Originally known as ‘iridill’ or ‘iridescent ware’, carnival glass has an interesting past. Made by the Fenton Art Glass Co. in 1907, highly patterned molds combined with sprayed metallic salts created striking, shimmering glass.
Originally, it imitated Tiffany Glass, which was very expensive. However, because Carnival glass was often cheap to buy, it was referred to as “a poor man’s Tiffany”.
It wasn’t long before other companies like Indiana Glass and Westmoreland, began developing carnival glass designs, and it became in high demand from the early 1900s to the 1920s.
Households across America liked carnival glass because it brightened homes at a time when only wealthy families had bright electric lighting. The colorful glass caught the light easily.
By 1925, carnival glass began to decline in popularity. Other styles and types, like depression glass, became the new trend.
It wasn’t until the 1950s, when many of these glass antiques were auctioned or given away as prizes at carnivals, that the nickname ‘carnival glass’ stuck. Collectors soon realized how diverse and varied these antique glass pieces were, making them highly collectible and their value began to soar.
A resurgence of interest in antique glassware, including carnival glass, has seen several companies reenter production.
How to identify carnival glass?
Carnival glass is very decorative and comes in many different shapes, sizes, and styles.
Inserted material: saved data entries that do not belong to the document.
// The values that a kernel is made of, which pass, and amounts by volume.
// By fixed memory: the volumes are asked to be no more than the array of their concentrations holds, since there is no heap.
#![tactic(auto)]

ghost use Rattle.std.specs.Prelude.{◌≡◌, ◌≤◌, ◌<◌, ◌+◌, cond, ltb, length, take};
ghost use Rattle.limits.specs.Limits.{most_volumes};
ghost use Rattle.binary64.specs.Doubles.{plus_zero};
ghost use Rattle.linear_pk_mammillary.specs.Rates.{central};
ghost use Rattle.linear_pk_values.specs.Parameters.{parameters_pass};
ghost use Rattle.matrix.specs.Matrix.{tabulate};
ghost use Rattle.refusal.specs.Numbers.{reply_number};
ghost use Rattle.refusal.specs.Result.{number, slice_at_exit};
ghost use Rattle.linear_pk_values.specs.Concentrations.{concentration as concentrationOf, concentrations as concentrationsOf};

use limits::VOLUMES;
use refusal::Refusal;
use std::array;

// Whether the values pass, of 1 to 3 volumes and one exchange fewer.
pub fn values_pass(
    clearance: f64,
    volumes: &[f64],
    exchange: &[f64],
    absorption: Option<f64>,
) -> bool
    ensures { result ≡ parameters_pass clearance volumes.now exchange.now absorption }
{
    binary64::is_nonnegative(clearance)
        & (binary64::all_positive(volumes)
            & (binary64::all_nonnegative(exchange)
                & binary64::is_nonnegative(absorption.unwrap_or(0.0))))
}

// The concentration of compartment i: the depot is skipped.
// By parameters: the kernel, which holds the depot and the volumes, is a type of the crate above; a struct of them here would be made for one call.
fn concentration(depot: bool, volumes: &[f64], amounts: &[f64], i: usize) -> f64
    requires { (i < length volumes.now) × (i + central depot < length amounts.now) }
    ensures { result ≡ concentrationOf depot volumes.now amounts.now i }
{
    if depot {
        let at = i + 1;
        return amounts[at] / volumes[i];
    }
    amounts[i] / volumes[i]
}

// The concentrations of the compartments, from place 0.
fn concentration_list(depot: bool, volumes: &[f64], amounts: &[f64]) -> [f64; VOLUMES]
    requires { (length volumes.now ≤ most_volumes) × (length volumes.now + central depot ≤ length amounts.now) }
    ensures { take (length volumes.now) result ≡ tabulate (length volumes.now) (concentrationOf depot volumes.now amounts.now) }
{
    array::from_fn(
        |i|
            requires { length volumes.now + central depot ≤ length amounts.now }
            ensures { result ≡ cond (ltb i (length volumes.entry.now)) (concentrationOf depot volumes.entry.now amounts.entry.now i) plus_zero }
        {
            if i < volumes.len() {
                concentration(depot, volumes, amounts, i)
            } else {
                0.0
            }
        },
    )
}

// The concentrations of the compartments, one for each of their volumes, into the first cells of result.
pub fn concentrations(
    depot: bool,
    volumes: &[f64],
    amounts: &[f64],
    res: &mut [f64],
) -> Result<(), Refusal>
    requires { length volumes.now ≤ most_volumes }
    ensures result_value { reply_number result ≡ number (concentrationsOf (length volumes.now + central depot)
        (length volumes.now) depot volumes.now amounts.now (length res.old)) }
    ensures res_after { res.new ≡ slice_at_exit (concentrationsOf (length volumes.now + central depot)
        (length volumes.now) depot volumes.now amounts.now (length res.old)) res.old }
{
    let count = volumes.len();
    if !binary64::amounts_pass(count + linear_pk_mammillary::central(depot), amounts) {
        return Err(Refusal::Argument);
    }
    if res.len() < count {
        return Err(Refusal::ShortSlice);
    }
    let list = concentration_list(depot, volumes, amounts);
    let values = &list[..count];
    if !binary64::all_finite(values) {
        return Err(Refusal::ConcentrationNotFinite);
    }
    linear_pk_interval::lay(values, res);
    Ok(())
}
If you’re serious about collecting this valuable glass, then the first thing you need to do is identify it.
However, there is one problem that you should be aware of. Companies that made carnival glass in the 1920s often changed their style and imitated their competitors. It can be difficult to know various manufacturers’ styles and dates of production.
That said, here are some useful ways you can still identify your piece:
Carnival Glass Shape
The first and easiest way of identifying your carnival glass is simply by looking at its shape!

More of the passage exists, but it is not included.